*** Opening RECORDS FOR THIS TASK ***

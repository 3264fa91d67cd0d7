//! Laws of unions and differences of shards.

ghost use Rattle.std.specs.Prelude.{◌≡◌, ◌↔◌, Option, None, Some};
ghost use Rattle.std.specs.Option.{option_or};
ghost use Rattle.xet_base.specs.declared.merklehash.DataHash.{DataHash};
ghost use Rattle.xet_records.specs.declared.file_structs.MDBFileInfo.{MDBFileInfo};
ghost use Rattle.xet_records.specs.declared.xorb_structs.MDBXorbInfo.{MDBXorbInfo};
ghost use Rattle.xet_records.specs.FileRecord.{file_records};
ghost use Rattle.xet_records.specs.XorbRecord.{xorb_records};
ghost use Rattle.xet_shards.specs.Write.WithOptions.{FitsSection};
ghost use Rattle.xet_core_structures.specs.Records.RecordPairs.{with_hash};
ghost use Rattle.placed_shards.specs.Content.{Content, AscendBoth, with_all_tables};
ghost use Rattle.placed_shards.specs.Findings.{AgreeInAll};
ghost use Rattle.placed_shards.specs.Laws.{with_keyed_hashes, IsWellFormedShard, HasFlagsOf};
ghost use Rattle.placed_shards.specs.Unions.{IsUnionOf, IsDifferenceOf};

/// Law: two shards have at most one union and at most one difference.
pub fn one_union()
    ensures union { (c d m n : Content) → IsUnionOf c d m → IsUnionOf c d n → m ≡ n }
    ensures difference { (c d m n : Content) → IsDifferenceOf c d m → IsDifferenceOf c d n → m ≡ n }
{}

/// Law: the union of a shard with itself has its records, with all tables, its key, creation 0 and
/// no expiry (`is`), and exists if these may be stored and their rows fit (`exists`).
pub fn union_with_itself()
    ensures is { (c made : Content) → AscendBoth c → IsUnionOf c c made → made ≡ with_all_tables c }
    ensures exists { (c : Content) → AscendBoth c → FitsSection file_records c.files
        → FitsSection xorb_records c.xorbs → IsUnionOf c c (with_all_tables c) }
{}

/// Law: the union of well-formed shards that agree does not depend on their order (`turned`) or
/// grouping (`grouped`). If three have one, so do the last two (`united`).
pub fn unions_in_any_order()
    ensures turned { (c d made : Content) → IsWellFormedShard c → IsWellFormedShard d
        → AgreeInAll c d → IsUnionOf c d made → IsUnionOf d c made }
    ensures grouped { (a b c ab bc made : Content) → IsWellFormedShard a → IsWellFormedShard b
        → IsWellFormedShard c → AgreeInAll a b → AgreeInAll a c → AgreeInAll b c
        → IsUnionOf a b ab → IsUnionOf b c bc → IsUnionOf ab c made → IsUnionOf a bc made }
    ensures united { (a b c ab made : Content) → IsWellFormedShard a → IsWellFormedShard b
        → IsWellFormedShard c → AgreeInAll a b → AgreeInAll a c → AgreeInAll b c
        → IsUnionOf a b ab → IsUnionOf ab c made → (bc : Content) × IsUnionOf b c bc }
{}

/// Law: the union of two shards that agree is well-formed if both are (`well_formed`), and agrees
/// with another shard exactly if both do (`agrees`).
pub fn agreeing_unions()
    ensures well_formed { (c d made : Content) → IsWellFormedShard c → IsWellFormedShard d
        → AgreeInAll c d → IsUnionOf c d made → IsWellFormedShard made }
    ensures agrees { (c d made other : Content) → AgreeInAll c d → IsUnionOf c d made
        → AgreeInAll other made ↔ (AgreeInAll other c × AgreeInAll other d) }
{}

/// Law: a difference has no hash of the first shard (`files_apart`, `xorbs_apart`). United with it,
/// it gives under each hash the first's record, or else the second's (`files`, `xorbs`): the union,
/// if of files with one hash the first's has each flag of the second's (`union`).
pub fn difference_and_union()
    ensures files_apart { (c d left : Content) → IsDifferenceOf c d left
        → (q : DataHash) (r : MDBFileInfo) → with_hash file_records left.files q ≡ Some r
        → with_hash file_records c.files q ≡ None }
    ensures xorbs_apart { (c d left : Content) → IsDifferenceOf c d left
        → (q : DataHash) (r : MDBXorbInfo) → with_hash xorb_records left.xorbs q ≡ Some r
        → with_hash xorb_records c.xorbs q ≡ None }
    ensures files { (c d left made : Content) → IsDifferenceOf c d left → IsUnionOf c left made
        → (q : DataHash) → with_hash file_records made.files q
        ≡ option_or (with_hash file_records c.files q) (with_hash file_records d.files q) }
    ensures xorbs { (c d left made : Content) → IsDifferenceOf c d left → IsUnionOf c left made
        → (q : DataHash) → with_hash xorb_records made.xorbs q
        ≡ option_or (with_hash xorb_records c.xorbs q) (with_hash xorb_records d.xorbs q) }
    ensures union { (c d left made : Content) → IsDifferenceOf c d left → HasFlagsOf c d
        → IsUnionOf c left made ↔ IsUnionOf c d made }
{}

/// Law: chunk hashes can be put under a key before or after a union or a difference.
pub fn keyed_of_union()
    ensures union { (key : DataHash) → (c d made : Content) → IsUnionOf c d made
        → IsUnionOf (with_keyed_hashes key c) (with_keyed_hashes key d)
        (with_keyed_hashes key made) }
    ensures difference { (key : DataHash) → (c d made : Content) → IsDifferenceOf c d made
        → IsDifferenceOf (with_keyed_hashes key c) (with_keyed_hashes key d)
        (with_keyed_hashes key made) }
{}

*** Closing RECORDS FOR THIS TASK ***

From the records above, transcribe exactly the run of lines that opens with the line holding "made → IsWellFormedShard" and closes with the line holding "HasFlagsOf c d", both included.

        → AgreeInAll c d → IsUnionOf c d made → IsWellFormedShard made }
    ensures agrees { (c d made other : Content) → AgreeInAll c d → IsUnionOf c d made
        → AgreeInAll other made ↔ (AgreeInAll other c × AgreeInAll other d) }
{}

/// Law: a difference has no hash of the first shard (`files_apart`, `xorbs_apart`). United with it,
/// it gives under each hash the first's record, or else the second's (`files`, `xorbs`): the union,
/// if of files with one hash the first's has each flag of the second's (`union`).
pub fn difference_and_union()
    ensures files_apart { (c d left : Content) → IsDifferenceOf c d left
        → (q : DataHash) (r : MDBFileInfo) → with_hash file_records left.files q ≡ Some r
        → with_hash file_records c.files q ≡ None }
    ensures xorbs_apart { (c d left : Content) → IsDifferenceOf c d left
        → (q : DataHash) (r : MDBXorbInfo) → with_hash xorb_records left.xorbs q ≡ Some r
        → with_hash xorb_records c.xorbs q ≡ None }
    ensures files { (c d left made : Content) → IsDifferenceOf c d left → IsUnionOf c left made
        → (q : DataHash) → with_hash file_records made.files q
        ≡ option_or (with_hash file_records c.files q) (with_hash file_records d.files q) }
    ensures xorbs { (c d left made : Content) → IsDifferenceOf c d left → IsUnionOf c left made
        → (q : DataHash) → with_hash xorb_records made.xorbs q
        ≡ option_or (with_hash xorb_records c.xorbs q) (with_hash xorb_records d.xorbs q) }
    ensures union { (c d left made : Content) → IsDifferenceOf c d left → HasFlagsOf c d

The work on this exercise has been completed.